The Other Berry

Succulent mulberries are hard to find--but worth it

Foraging for mulberries in the backyard is a summer rite of passage for many around the country. Most Angelenos, however, can only find the plump berries at the farmers' markets for a few short weeks each year. That time is now.

SoCal farmers originally planted mulberries to ward off birds from other crops, but they soon realized people love them--and will pay upward of $25 a pound. The berries are similar to blackberries (but better) and highly perishable: Use immediately or freeze for later.

Because they're so delicious on their own, the best way to serve mulberries is straight up with a simple garnish. "They're earthy and sweet, but not too sweet," says Huckleberry's Zoe Nathan. At the café, she tops mulberries with a blend of whipped cream and crème fraîche (pictured, $9.50), or bakes them in a tart with fresh figs and toasted almonds.

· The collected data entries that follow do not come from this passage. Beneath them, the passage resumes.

//! The relay, whole.

ghost use Rattle.std.specs.Prelude.{◌≡◌, false, true};
ghost use Rattle.wasi_records.specs.Closing.{HasClosedAll, IsFresh};
ghost use Rattle.wasi_relay.specs.Went.{Went};
ghost use Rattle.wasi_relay.specs.Turns.{course_of, finished};
ghost use Rattle.wasi_relay.specs.RelaySteps.{Relays, relayed, no_course};

use crate::idle::Idle;
use crate::order::Order;
use crate::pair::Pair;
use crate::pairs::PairList;
use crate::setup::set_up;
use crate::turns::{Progress, make_turns};
use std::alloc::Global;
use wasi_session::{Session, StepError};
use wasi_steps::CodeWord;
use wasi_world::{WasiSocketsCtx, World};

/// How a relay ends.
#[derive(Clone, Copy, Debug, PartialEq, Eq)]
pub enum RelayEnd {
    /// All arrivals that were ordered are over, and each had a pair.
    Served,
    /// All arrivals are over that could be taken, of which some had no pair; or no descriptor or
    /// memory was left to take one, while no pair was open that would give some back.
    Unserved,
    /// All turns that were ordered were made.
    Budget,
    /// A call of the setup was refused with this code.
    SetupRefused(CodeWord),
}

/// What a relay leaves.
#[derive(Drop)]
pub struct Relayed<W: World> {
    /// How it ended, unless a step had no reply.
    pub end: Result<RelayEnd, StepError>,
    /// The pairs, in order of arrival.
    pub pairs: Vec<Pair>,
    /// The world, which is ended.
    pub world: W,
}

/// Serves an order by a guest of context 0, over a world whose end mark isn't set, and ends it.
///
/// The guest's steps are those of the definition, whatever the world answers; `idle` is done after
/// each turn that follows the setup. Takes memory for each pair, and for what its calls take.
pub fn relay<W: World, I: Idle<W>>(
    alloc: Global,
    world: W,
    contexts: Vec<WasiSocketsCtx>,
    order: Order,
    idle: &mut I,
) -> Relayed<W>
    requires { (W.seen world).ended ≡ false }
    ensures ended { (W.seen result.world).ended ≡ true }
    ensures closed { IsFresh (W.seen world) → HasClosedAll (W.seen result.world) }
    ensures went { Relays order contexts.items (W.seen world) (W.seen result.world) result.end
        result.pairs.items }
{
    let mut session = Session::new(alloc, world, contexts);
    let mut at = Progress {
        taken: 0,
        pairs: PairList::new(alloc),
        waiting: None,
    };
    let end = serve(alloc, &mut session, order, &mut at, idle);
    Relayed {
        end,
        pairs: at.pairs.into_vec(),
        world: session.finish(),
    }
}

/// Sets the relay up and makes its turns.
fn serve<W: World, I: Idle<W>>(
    alloc: Global,
    session: &mut Session<W>,
    order: Order,
    at: &mut Progress,
    idle: &mut I,
) -> Result<RelayEnd, StepError>
    requires { course_of at.old ≡ no_course }
    ensures { Went (relayed order) session.old session.new (finished (course_of at.new) result) }
{
    match set_up(session, order) {
        Ok(listener) => make_turns(alloc, session, order, listener, at, idle),
        Err(stop) => stop.end(),
    }
}
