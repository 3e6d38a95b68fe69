//! The setup of a relay, which makes its listener.

ghost use Rattle.std.specs.Prelude.{◌≡◌, Ok};
ghost use Rattle.wasi_relay.specs.Went.{Went};
ghost use Rattle.wasi_relay.specs.Setup.{setup, settled, after_call, polled, after_poll};
ghost use Rattle.wasi_relay.specs.Setup.{at_turns_end, outcome, with_left, as_is, stop_end};

use crate::calls::{call, handle_in, step};
use crate::order::{Order, family_of};
use crate::service::RelayEnd;
use wasi_session::{GuestCall, NameCall, Reply, Session, Step, StepError, TcpCall};
use wasi_world::{Handle, World};

/// What the setup made.
#[derive(Clone, Copy, Debug, PartialEq, Eq)]
pub(crate) struct Listener {
    /// The handle of the network.
    pub network: Handle,
    /// The socket that listens.
    pub socket: Handle,
    /// How many turns are left.
    pub turns: u32,
}

/// Why the setup made no listener.
#[derive(Clone, Copy, Debug, PartialEq, Eq)]
pub(crate) enum Stop {
    /// The relay ended.
    Ended(RelayEnd),
    /// A step had no reply.
    Step(StepError),
}

impl Stop {
    /// How the relay ended.
    pub(crate) fn end(self) -> Result<RelayEnd, StepError>
        ensures { result ≡ stop_end self }
    {
        match self {
            Stop::Ended(end) => Ok(end),
            Stop::Step(e) => Err(e),
        }
    }
}

impl From<StepError> for Stop {
    ghost use Rattle.std.specs.Prelude.{◌≡◌};
    ghost use Rattle.wasi_relay.specs.declared.setup.Stop.TheVariants.{Step};

    ghost from_gives = { λ e stop. stop ≡ Step e };

    fn from(e: StepError) -> Stop {
        Stop::Step(e)
    }
}

/// Makes a socket that listens on the order's address.
pub(crate) fn set_up<W: World>(session: &mut Session<W>, order: Order) -> Result<Listener, Stop>
    ensures { Went (setup order) session.old session.new (outcome as_is result) }
{
    let mut turns = order.turns;
    let addr = order.listen;
    let network = settle(session, GuestCall::Names(NameCall::Network), &mut turns)?;
    let family = family_of(addr);
    let socket = settle(
        session,
        GuestCall::Tcp(TcpCall::Create { family }),
        &mut turns,
    )?;
    let bind = GuestCall::Tcp(TcpCall::StartBind {
        socket,
        network,
        addr,
    });
    settle(session, bind, &mut turns)?;
    settle(
        session,
        GuestCall::Tcp(TcpCall::FinishBind { socket }),
        &mut turns,
    )?;
    settle(
        session,
        GuestCall::Tcp(TcpCall::StartListen { socket }),
        &mut turns,
    )?;
    settle(
        session,
        GuestCall::Tcp(TcpCall::FinishListen { socket }),
        &mut turns,
    )?;
    Ok(Listener {
        network,
        socket,
        turns,
    })
}

/// Makes a call of the setup, and polls it while it is pending.
fn settle<W: World>(
    session: &mut Session<W>,
    request: GuestCall,
    left: &mut u32,
) -> Result<Handle, Stop>
    ensures { Went (settled left.old request) session.old session.new
        (outcome (with_left left.new) result) }
{
    let reply = call(session, request)?;
    match reply {
        Reply::Err(code) => Err(Stop::Ended(RelayEnd::SetupRefused(code))),
        Reply::Pending(line) => poll(session, line, left),
        other => Ok(handle_in(&other)),
    }
}

/// Polls a pending call once in each turn, while there are turns left.
fn poll<W: World>(session: &mut Session<W>, line: u32, left: &mut u32) -> Result<Handle, Stop>
    ensures { Went (polled line left.old) session.old session.new
        (outcome (with_left left.new) result) }
{
    while *left > 0 {
        *left -= 1;
        step(session, Step::Turn)?;
        let reply = step(session, Step::Poll { line })?;
        match reply {
            Reply::Err(code) => return Err(Stop::Ended(RelayEnd::SetupRefused(code))),
            Reply::Pending(_) => {}
            other => return after_turn(*left, &other),
        }
    }
    Err(Stop::Ended(RelayEnd::Budget))
}

/// What a poll gave, if a turn is left.
fn after_turn(left: u32, reply: &Reply) -> Result<Handle, Stop>
    ensures { outcome (with_left left) result ≡ Ok (at_turns_end left reply.now) }
{
    if left == 0 {
        return Err(Stop::Ended(RelayEnd::Budget));
    }
    Ok(handle_in(reply))
}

At Ford's Filling Station, Ben Ford likes the delicate fruit with mascarpone ice cream, and Spago's Sherry Yard serves individual, buttery upside-down mulberry cakes with a side of buttermilk gelato.

Mulberries are rarely sold in grocery stores, but you can find them at Tenerelli Orchards, Weiser Family Farms and Circle C Ranch at the Santa Monica, Beverly Hills and Hollywood farmers' markets this month.